## Activity
Gather every line below where "GoesThrough" appears.

Dataset records
=======

/// If the files are accepted and neither the store nor the sink fails, `compare` ends with `Done`, `Findings` or `Memory`.
pub fn compare_completes()
    ensures { (s t p o : List ℕ) (old new : Seen) (status : Status) (files : Files) (x : Comparable)
        → old.files ≡ Some files → comparison_in s t p o files ≡ Ok x
        → (Rose old.store_faults new.store_faults → ⊥) → (Rose old.sink_faults new.sink_faults → ⊥)
        → Ends (Compare s t p o) old new status
        → (status ≡ Status.Done) ⊎ ((status ≡ Status.Findings) ⊎ (status ≡ Status.Memory)) }
{
    laws::plan_findings();
    same_plans();
}

/// `zones` ends with `Done` exactly when the files are accepted and no two moves of the plan meet in a zone, and with `Findings` exactly
/// where they are accepted and two do, unless the store, memory or the sink came first. It never ends with `NoMatching` or `Unfinished`.
pub fn zones_done_exactly()
    ensures done { (s t p z : List ℕ) (old new : Seen) (status : Status) (files : Files)
        (x : Passable) → old.files ≡ Some files → passing_in s t p z files ≡ Ok x → NoneMeet x
        → Ends (Zones s t p z) old new status → (status ≡ Status.Done) ⊎ Yields status }
    ensures done_only { (s t p z : List ℕ) (old new : Seen)
        → Ends (Zones s t p z) old new Status.Done → (files : Files) × Agrees old.files files
        × ((x : Passable) × (passing_in s t p z files ≡ Ok x) × NoneMeet x) }
    ensures findings { (s t p z : List ℕ) (old new : Seen) (status : Status) (files : Files)
        (x : Passable) → old.files ≡ Some files → passing_in s t p z files ≡ Ok x → (NoneMeet x → ⊥)
        → Ends (Zones s t p z) old new status → (status ≡ Status.Findings) ⊎ Yields status }
    ensures findings_only { (s t p z : List ℕ) (old new : Seen)
        → Ends (Zones s t p z) old new Status.Findings → (files : Files) × Agrees old.files files
        × ((x : Passable) × (passing_in s t p z files ≡ Ok x) × (NoneMeet x → ⊥)) }
    ensures no_matching { (s t p z : List ℕ) (old new : Seen)
        → Ends (Zones s t p z) old new Status.NoMatching → ⊥ }
    ensures no_unfinished { (s t p z : List ℕ) (old new : Seen)
        → Ends (Zones s t p z) old new Status.Unfinished → ⊥ }
{}

/// If the files are accepted and neither the store nor the sink fails, `zones` ends with `Done`, `Findings` or `Memory`.
pub fn zones_completes()
    ensures { (s t p z : List ℕ) (old new : Seen) (status : Status) (files : Files) (x : Passable)
        → old.files ≡ Some files → passing_in s t p z files ≡ Ok x
        → (Rose old.store_faults new.store_faults → ⊥) → (Rose old.sink_faults new.sink_faults → ⊥)
        → Ends (Zones s t p z) old new status
        → (status ≡ Status.Done) ⊎ ((status ≡ Status.Findings) ⊎ (status ≡ Status.Memory)) }
{}

/// `sheet` ends with `Done` exactly when the files are accepted and the plan is feasible and states its cost, and with
/// `Findings` exactly when they are accepted and it isn't so, unless the store, memory or the sink came first. It never ends
/// with `NoMatching` or `Unfinished`.
pub fn sheet_done_exactly()
    ensures done { (s t p n : List ℕ) (old new : Seen) (status : Status) (files : Files)
        (x : Night × Plan) → old.files ≡ Some files → plans_in s t p files ≡ Ok x → IsClean x
        → Ends (Sheet s t p n) old new status → (status ≡ Status.Done) ⊎ Yields status }
    ensures done_only { (s t p n : List ℕ) (old new : Seen)
        → Ends (Sheet s t p n) old new Status.Done → (files : Files) × Agrees old.files files
        × ((x : Night × Plan) × (plans_in s t p files ≡ Ok x) × IsClean x) }
    ensures findings { (s t p n : List ℕ) (old new : Seen) (status : Status) (files : Files)
        (x : Night × Plan) → old.files ≡ Some files → plans_in s t p files ≡ Ok x → (IsClean x → ⊥)
        → Ends (Sheet s t p n) old new status → (status ≡ Status.Findings) ⊎ Yields status }
    ensures findings_only { (s t p n : List ℕ) (old new : Seen)
        → Ends (Sheet s t p n) old new Status.Findings → (files : Files) × Agrees old.files files
        × ((x : Night × Plan) × (plans_in s t p files ≡ Ok x) × (IsClean x → ⊥)) }
    ensures no_matching { (s t p n : List ℕ) (old new : Seen)
        → Ends (Sheet s t p n) old new Status.NoMatching → ⊥ }
    ensures no_unfinished { (s t p n : List ℕ) (old new : Seen)
        → Ends (Sheet s t p n) old new Status.Unfinished → ⊥ }
{
    laws::plan_findings();
}

/// If the files are accepted and neither the store nor the sink fails, `sheet` ends with `Done`, `Findings` or `Memory`.
pub fn sheet_completes()
    ensures { (s t p n : List ℕ) (old new : Seen) (status : Status) (files : Files)
        (x : Night × Plan) → old.files ≡ Some files → plans_in s t p files ≡ Ok x
        → (Rose old.store_faults new.store_faults → ⊥) → (Rose old.sink_faults new.sink_faults → ⊥)
        → Ends (Sheet s t p n) old new status
        → (status ≡ Status.Done) ⊎ ((status ≡ Status.Findings) ⊎ (status ≡ Status.Memory)) }
{}

/// `draw` ends with `Done` exactly when the files are accepted and the plan is feasible and states its cost, and with
/// `Findings` exactly when they are accepted and it isn't so, unless the store, memory or the sink came first. It never ends
/// with `NoMatching` or `Unfinished`.
pub fn draw_done_exactly()
    ensures done { (s t p n : List ℕ) (old new : Seen) (status : Status) (files : Files)
        (x : Night × Plan) → old.files ≡ Some files → plans_in s t p files ≡ Ok x → IsClean x
        → Ends (Draw s t p n) old new status → (status ≡ Status.Done) ⊎ Yields status }
    ensures done_only { (s t p n : List ℕ) (old new : Seen)
        → Ends (Draw s t p n) old new Status.Done → (files : Files) × Agrees old.files files
        × ((x : Night × Plan) × (plans_in s t p files ≡ Ok x) × IsClean x) }
    ensures findings { (s t p n : List ℕ) (old new : Seen) (status : Status) (files : Files)
        (x : Night × Plan) → old.files ≡ Some files → plans_in s t p files ≡ Ok x → (IsClean x → ⊥)
        → Ends (Draw s t p n) old new status → (status ≡ Status.Findings) ⊎ Yields status }
    ensures findings_only { (s t p n : List ℕ) (old new : Seen)
        → Ends (Draw s t p n) old new Status.Findings → (files : Files) × Agrees old.files files
        × ((x : Night × Plan) × (plans_in s t p files ≡ Ok x) × (IsClean x → ⊥)) }
    ensures no_matching { (s t p n : List ℕ) (old new : Seen)
        → Ends (Draw s t p n) old new Status.NoMatching → ⊥ }
    ensures no_unfinished { (s t p n : List ℕ) (old new : Seen)
        → Ends (Draw s t p n) old new Status.Unfinished → ⊥ }
{
    laws::plan_findings();
}

/// If the files are accepted and neither the store nor the sink fails, `draw` ends with `Done`, `Findings` or `Memory`.
pub fn draw_completes()
    ensures { (s t p n : List ℕ) (old new : Seen) (status : Status) (files : Files)
        (x : Night × Plan) → old.files ≡ Some files → plans_in s t p files ≡ Ok x
        → (Rose old.store_faults new.store_faults → ⊥) → (Rose old.sink_faults new.sink_faults → ⊥)
        → Ends (Draw s t p n) old new status
        → (status ≡ Status.Done) ⊎ ((status ≡ Status.Findings) ⊎ (status ≡ Status.Memory)) }
{}

/// `page` ends with `Done` exactly when the files are accepted and the plan is feasible and states its cost, and with
/// `Findings` exactly when they are accepted and it isn't so, unless the store, memory or the sink came first. It never ends
/// with `NoMatching` or `Unfinished`.
pub fn page_done_exactly()
    ensures done { (s t p n : List ℕ) (old new : Seen) (status : Status) (files : Files)
        (x : Night × Plan) → old.files ≡ Some files → plans_in s t p files ≡ Ok x → IsClean x
        → Ends (Page s t p n) old new status → (status ≡ Status.Done) ⊎ Yields status }
    ensures done_only { (s t p n : List ℕ) (old new : Seen)
        → Ends (Page s t p n) old new Status.Done → (files : Files) × Agrees old.files files
        × ((x : Night × Plan) × (plans_in s t p files ≡ Ok x) × IsClean x) }
    ensures findings { (s t p n : List ℕ) (old new : Seen) (status : Status) (files : Files)
        (x : Night × Plan) → old.files ≡ Some files → plans_in s t p files ≡ Ok x → (IsClean x → ⊥)
        → Ends (Page s t p n) old new status → (status ≡ Status.Findings) ⊎ Yields status }
    ensures findings_only { (s t p n : List ℕ) (old new : Seen)
        → Ends (Page s t p n) old new Status.Findings → (files : Files) × Agrees old.files files
        × ((x : Night × Plan) × (plans_in s t p files ≡ Ok x) × (IsClean x → ⊥)) }
    ensures no_matching { (s t p n : List ℕ) (old new : Seen)
        → Ends (Page s t p n) old new Status.NoMatching → ⊥ }
    ensures no_unfinished { (s t p n : List ℕ) (old new : Seen)
        → Ends (Page s t p n) old new Status.Unfinished → ⊥ }
{
    laws::plan_findings();
}

/// If the files are accepted and neither the store nor the sink fails, `page` ends with `Done`, `Findings` or `Memory`.
pub fn page_completes()
    ensures { (s t p n : List ℕ) (old new : Seen) (status : Status) (files : Files)
        (x : Night × Plan) → old.files ≡ Some files → plans_in s t p files ≡ Ok x
        → (Rose old.store_faults new.store_faults → ⊥) → (Rose old.sink_faults new.sink_faults → ⊥)
        → Ends (Page s t p n) old new status
        → (status ≡ Status.Done) ⊎ ((status ≡ Status.Findings) ⊎ (status ≡ Status.Memory)) }
{}

/// `follow` ends with `Done` exactly when the files are accepted and all orders can be followed, and with `Findings` exactly when they
/// are accepted and one can't, unless the store, memory or the sink came first. It never ends with `NoMatching` or `Unfinished`.
pub fn follow_done_exactly()
    ensures done { (s n : List ℕ) (old new : Seen) (status : Status) (files : Files)
        (x : Followable) → old.files ≡ Some files → following_in s n files ≡ Ok x → GoesThrough x
        → Ends (Follow s n) old new status → (status ≡ Status.Done) ⊎ Yields status }
    ensures done_only { (s n : List ℕ) (old new : Seen) → Ends (Follow s n) old new Status.Done
        → (files : Files) × Agrees old.files files
        × ((x : Followable) × (following_in s n files ≡ Ok x) × GoesThrough x) }
    ensures findings { (s n : List ℕ) (old new : Seen) (status : Status) (files : Files)
        (x : Followable) → old.files ≡ Some files → following_in s n files ≡ Ok x
        → (GoesThrough x → ⊥) → Ends (Follow s n) old new status
        → (status ≡ Status.Findings) ⊎ Yields status }
    ensures findings_only { (s n : List ℕ) (old new : Seen)
        → Ends (Follow s n) old new Status.Findings → (files : Files) × Agrees old.files files
        × ((x : Followable) × (following_in s n files ≡ Ok x) × (GoesThrough x → ⊥)) }
    ensures no_matching { (s n : List ℕ) (old new : Seen)
        → Ends (Follow s n) old new Status.NoMatching → ⊥ }
    ensures no_unfinished { (s n : List ℕ) (old new : Seen)
        → Ends (Follow s n) old new Status.Unfinished → ⊥ }
{}

/// If the files are accepted and neither the store nor the sink fails, `follow` ends with `Done`, `Findings` or `Memory`.
pub fn follow_completes()
    ensures { (s n : List ℕ) (old new : Seen) (status : Status) (files : Files) (x : Followable)
        → old.files ≡ Some files → following_in s n files ≡ Ok x
        → (Rose old.store_faults new.store_faults → ⊥) → (Rose old.sink_faults new.sink_faults → ⊥)
        → Ends (Follow s n) old new status
        → (status ≡ Status.Done) ⊎ ((status ≡ Status.Findings) ⊎ (status ≡ Status.Memory)) }
{}

/// On the files that `sheet` left with `Done`, `follow` of the sheet ends with `Done`, follows the orders of the plan, and prints that no
/// block is left, unless the store, memory or the sink comes first.
pub fn written_sheets_go_through()
    ensures { (s t p n : List ℕ) (a b old new : Seen) (status : Status) (files after : Files)
        → IsUsable (Sheet s t p n) → a.files ≡ Some files → b.files ≡ Some after → old.files
        ≡ Some after → Ends (Sheet s t p n) a b Status.Done → Ends (Follow s n) old new status
        → ((status ≡ Status.Done) × ((x : Night × Plan) × (plans_in s t p files ≡ Ok x) × IsWhole
        (says Outcome.Done (followed_of (orders_in x.0 x.1.blocks) (answers.Through 0))) old new))
        ⊎ Yields status }
{
    laws::plan_findings();
    sheets_of_plans();
    texts_of_sheets();
}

=======

## Solution
        (x : Followable) → old.files ≡ Some files → following_in s n files ≡ Ok x → GoesThrough x
        × ((x : Followable) × (following_in s n files ≡ Ok x) × GoesThrough x) }
        → (GoesThrough x → ⊥) → Ends (Follow s n) old new status
        × ((x : Followable) × (following_in s n files ≡ Ok x) × (GoesThrough x → ⊥)) }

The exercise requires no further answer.